[[ Supplied data, beginning ]]

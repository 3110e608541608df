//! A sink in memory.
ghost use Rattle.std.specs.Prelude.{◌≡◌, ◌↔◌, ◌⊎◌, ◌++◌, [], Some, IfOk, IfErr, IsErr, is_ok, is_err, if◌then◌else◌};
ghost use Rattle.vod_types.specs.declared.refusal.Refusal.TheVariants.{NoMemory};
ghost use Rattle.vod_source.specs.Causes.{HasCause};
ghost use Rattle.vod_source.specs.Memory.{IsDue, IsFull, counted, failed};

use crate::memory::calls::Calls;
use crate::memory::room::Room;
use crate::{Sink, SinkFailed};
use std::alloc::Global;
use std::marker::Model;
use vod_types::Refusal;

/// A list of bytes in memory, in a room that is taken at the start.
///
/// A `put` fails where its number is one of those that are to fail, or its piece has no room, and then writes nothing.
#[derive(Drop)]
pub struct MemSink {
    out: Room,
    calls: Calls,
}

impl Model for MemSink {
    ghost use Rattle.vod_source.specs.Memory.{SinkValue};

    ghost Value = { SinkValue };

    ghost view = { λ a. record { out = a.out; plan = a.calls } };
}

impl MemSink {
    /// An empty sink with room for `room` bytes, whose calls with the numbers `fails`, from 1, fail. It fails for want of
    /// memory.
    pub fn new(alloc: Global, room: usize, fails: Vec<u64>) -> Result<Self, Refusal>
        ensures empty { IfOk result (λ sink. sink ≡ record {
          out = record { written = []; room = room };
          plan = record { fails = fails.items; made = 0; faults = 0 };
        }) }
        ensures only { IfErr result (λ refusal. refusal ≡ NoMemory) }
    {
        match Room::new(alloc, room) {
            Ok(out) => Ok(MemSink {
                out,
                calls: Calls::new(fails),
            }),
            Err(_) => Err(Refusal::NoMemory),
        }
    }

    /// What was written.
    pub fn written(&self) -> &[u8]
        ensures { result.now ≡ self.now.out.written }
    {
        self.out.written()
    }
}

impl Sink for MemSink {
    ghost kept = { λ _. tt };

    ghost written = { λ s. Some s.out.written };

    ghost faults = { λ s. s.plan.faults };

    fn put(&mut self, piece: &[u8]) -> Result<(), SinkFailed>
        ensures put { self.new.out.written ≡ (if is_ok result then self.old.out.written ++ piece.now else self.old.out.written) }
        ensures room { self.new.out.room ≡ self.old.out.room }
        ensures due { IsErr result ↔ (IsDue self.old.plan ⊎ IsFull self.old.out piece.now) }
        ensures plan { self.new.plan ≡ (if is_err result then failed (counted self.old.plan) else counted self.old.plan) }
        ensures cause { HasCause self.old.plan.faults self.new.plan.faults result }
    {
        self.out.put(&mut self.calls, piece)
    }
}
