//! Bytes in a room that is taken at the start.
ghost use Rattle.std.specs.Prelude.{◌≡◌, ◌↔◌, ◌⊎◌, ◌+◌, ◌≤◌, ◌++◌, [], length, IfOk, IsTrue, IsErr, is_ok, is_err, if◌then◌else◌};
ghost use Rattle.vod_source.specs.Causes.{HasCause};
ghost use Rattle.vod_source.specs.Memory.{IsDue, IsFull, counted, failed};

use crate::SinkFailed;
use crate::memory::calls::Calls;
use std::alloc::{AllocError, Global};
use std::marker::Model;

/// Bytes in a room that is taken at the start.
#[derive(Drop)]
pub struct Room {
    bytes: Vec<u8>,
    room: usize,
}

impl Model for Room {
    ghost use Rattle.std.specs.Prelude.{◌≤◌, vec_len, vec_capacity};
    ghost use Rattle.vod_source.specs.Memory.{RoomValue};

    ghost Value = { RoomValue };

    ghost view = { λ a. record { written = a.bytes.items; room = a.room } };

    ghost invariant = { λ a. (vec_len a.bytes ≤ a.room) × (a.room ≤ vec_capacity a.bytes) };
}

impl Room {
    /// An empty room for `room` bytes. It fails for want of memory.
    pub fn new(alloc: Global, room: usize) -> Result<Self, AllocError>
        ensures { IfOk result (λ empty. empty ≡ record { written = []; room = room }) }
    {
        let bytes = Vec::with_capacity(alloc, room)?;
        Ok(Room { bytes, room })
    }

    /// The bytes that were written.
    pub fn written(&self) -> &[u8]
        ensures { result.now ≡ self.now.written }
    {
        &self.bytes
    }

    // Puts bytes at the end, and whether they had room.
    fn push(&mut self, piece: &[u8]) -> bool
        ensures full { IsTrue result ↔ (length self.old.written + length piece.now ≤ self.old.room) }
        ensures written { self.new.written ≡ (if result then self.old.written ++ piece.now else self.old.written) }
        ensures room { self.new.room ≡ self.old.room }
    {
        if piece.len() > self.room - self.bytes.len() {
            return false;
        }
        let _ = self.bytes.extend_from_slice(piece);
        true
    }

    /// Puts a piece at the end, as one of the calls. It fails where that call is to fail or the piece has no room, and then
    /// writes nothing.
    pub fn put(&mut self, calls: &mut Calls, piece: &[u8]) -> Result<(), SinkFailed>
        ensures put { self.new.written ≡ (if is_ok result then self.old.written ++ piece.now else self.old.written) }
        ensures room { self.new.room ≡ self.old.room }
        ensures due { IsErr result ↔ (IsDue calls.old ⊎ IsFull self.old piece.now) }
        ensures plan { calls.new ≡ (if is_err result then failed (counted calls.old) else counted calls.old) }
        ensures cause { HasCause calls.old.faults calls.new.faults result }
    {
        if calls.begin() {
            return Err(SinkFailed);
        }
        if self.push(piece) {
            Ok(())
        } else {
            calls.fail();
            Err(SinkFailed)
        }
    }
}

[[ Supplied data, end ]]

=== Task instructions ===
Each line that holds the word "NoMemory" should be extracted from the records.

=== Exercise output ===
ghost use Rattle.vod_types.specs.declared.refusal.Refusal.TheVariants.{NoMemory};
        ensures only { IfErr result (λ refusal. refusal ≡ NoMemory) }
            Err(_) => Err(Refusal::NoMemory),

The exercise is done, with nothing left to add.